**Brief**:
Your answer should be an exact copy of the lines from the start of the entries to the line containing "Ok(status(answer))", both included.

**Excerpted records**:
════════

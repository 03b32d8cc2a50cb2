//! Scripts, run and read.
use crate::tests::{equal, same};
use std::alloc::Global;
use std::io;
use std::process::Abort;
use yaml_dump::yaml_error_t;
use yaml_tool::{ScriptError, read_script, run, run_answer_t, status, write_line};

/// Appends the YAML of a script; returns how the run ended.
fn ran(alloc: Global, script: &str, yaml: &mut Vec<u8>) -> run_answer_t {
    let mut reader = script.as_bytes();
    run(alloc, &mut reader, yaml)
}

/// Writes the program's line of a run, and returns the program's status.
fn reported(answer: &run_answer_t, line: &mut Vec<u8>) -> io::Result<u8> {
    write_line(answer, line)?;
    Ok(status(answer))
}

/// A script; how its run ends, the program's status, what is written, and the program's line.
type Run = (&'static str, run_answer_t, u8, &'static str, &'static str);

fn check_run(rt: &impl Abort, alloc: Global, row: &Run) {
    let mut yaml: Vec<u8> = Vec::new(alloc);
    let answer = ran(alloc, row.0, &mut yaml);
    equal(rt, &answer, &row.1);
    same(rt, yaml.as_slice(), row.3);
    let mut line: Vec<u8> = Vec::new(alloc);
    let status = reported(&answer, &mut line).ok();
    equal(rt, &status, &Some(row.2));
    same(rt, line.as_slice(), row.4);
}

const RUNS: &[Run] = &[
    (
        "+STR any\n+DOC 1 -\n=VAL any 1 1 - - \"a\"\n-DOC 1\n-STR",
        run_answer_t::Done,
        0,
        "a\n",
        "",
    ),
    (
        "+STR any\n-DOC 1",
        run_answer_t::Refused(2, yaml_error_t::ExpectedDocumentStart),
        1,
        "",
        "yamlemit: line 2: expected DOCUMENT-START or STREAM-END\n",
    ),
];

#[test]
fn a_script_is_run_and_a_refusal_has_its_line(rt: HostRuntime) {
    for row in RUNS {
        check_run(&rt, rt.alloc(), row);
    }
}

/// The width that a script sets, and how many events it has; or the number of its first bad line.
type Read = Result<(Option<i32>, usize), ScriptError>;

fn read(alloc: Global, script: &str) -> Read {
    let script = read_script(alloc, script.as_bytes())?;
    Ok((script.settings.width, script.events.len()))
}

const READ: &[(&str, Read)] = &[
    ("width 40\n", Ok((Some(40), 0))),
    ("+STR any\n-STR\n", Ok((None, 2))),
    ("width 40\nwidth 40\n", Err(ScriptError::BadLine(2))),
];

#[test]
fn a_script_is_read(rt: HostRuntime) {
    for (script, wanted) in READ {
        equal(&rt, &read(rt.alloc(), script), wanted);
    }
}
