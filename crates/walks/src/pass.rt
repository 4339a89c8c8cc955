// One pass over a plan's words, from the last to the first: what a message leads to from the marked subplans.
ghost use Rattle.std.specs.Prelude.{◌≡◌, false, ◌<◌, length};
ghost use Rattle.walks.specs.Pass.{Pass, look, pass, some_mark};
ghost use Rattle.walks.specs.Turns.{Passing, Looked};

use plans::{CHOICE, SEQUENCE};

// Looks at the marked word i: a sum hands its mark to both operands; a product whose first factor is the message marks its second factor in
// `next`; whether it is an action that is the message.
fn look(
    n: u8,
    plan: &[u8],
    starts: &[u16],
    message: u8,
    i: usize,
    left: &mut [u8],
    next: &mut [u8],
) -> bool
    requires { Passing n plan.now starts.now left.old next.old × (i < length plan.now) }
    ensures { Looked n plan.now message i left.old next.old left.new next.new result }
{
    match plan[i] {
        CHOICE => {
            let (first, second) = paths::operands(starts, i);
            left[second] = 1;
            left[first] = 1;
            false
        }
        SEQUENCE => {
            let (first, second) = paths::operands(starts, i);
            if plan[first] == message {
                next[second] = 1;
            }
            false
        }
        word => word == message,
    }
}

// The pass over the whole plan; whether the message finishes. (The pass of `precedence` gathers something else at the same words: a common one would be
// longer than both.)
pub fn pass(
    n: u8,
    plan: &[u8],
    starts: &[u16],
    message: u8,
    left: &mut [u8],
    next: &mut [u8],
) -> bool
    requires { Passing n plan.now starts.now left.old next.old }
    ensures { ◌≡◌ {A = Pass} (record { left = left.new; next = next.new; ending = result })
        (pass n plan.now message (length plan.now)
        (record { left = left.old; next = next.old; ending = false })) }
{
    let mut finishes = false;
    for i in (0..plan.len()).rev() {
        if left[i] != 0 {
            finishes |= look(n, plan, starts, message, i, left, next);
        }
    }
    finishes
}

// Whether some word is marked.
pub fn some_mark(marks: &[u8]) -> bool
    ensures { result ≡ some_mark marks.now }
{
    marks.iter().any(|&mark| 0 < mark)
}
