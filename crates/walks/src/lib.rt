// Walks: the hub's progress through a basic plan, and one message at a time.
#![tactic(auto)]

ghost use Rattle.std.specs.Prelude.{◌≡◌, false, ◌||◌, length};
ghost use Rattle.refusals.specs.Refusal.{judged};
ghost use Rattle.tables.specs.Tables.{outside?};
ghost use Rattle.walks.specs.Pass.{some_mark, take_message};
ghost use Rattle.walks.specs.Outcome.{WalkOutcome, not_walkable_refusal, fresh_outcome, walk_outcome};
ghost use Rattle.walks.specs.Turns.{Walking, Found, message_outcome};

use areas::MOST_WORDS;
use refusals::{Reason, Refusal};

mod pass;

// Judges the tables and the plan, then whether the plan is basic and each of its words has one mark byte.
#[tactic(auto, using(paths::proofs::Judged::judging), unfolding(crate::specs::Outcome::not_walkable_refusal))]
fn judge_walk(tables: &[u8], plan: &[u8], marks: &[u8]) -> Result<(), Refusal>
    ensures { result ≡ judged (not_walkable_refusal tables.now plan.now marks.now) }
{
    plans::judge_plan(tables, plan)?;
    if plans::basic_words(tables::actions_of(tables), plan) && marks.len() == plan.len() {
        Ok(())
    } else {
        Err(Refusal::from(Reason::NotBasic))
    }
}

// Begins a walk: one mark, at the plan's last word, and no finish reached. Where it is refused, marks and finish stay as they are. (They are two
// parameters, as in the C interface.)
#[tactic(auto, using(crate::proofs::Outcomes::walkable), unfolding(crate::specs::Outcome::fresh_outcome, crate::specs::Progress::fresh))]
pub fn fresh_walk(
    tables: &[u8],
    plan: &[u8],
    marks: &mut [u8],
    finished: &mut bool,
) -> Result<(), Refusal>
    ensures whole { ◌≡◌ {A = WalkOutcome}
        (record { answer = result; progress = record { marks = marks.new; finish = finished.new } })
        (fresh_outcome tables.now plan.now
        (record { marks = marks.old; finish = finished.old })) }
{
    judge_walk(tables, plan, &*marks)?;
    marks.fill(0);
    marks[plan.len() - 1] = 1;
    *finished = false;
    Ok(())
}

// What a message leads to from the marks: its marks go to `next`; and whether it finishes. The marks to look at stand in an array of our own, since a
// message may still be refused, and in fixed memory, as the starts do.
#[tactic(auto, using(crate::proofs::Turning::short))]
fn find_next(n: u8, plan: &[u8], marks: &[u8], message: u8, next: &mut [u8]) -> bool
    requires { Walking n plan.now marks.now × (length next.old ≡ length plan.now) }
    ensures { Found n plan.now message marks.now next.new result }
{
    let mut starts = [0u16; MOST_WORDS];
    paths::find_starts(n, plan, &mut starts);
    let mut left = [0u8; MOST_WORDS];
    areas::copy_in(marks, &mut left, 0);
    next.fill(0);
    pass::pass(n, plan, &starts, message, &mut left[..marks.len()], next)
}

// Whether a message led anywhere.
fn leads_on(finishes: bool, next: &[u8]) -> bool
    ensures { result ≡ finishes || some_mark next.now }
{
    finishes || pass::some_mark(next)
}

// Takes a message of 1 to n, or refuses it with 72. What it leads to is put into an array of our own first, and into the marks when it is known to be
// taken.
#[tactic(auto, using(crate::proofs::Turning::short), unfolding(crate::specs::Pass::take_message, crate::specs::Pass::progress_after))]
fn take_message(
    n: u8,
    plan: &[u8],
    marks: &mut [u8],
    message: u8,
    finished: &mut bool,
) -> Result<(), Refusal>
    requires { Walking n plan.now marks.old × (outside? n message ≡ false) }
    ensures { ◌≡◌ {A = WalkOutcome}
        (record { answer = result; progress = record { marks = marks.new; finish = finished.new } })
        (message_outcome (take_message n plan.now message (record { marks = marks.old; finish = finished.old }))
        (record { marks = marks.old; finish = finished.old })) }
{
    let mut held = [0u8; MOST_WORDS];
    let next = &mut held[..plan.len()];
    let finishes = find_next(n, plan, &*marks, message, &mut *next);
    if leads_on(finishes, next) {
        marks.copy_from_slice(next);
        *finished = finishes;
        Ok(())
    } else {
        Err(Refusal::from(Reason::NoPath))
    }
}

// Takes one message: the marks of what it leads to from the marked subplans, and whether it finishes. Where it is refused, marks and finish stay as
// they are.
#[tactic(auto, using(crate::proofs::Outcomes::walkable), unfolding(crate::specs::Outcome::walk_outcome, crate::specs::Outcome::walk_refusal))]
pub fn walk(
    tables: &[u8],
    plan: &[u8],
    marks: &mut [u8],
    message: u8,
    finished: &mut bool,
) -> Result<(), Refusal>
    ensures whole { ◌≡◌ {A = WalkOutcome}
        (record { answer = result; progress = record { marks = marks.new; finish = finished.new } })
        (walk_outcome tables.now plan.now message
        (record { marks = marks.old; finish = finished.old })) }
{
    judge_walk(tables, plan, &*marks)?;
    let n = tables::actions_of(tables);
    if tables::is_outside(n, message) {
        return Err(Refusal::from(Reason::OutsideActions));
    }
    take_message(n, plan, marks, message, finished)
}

════════

**The answer**:
repository 03b32d8cc2a50cb2
//! Scripts, run and read.
use crate::tests::{equal, same};
use std::alloc::Global;
use std::io;
use std::process::Abort;
use yaml_dump::yaml_error_t;
use yaml_tool::{ScriptError, read_script, run, run_answer_t, status, write_line};

/// Appends the YAML of a script; returns how the run ended.
fn ran(alloc: Global, script: &str, yaml: &mut Vec<u8>) -> run_answer_t {
    let mut reader = script.as_bytes();
    run(alloc, &mut reader, yaml)
}

/// Writes the program's line of a run, and returns the program's status.
fn reported(answer: &run_answer_t, line: &mut Vec<u8>) -> io::Result<u8> {
    write_line(answer, line)?;
    Ok(status(answer))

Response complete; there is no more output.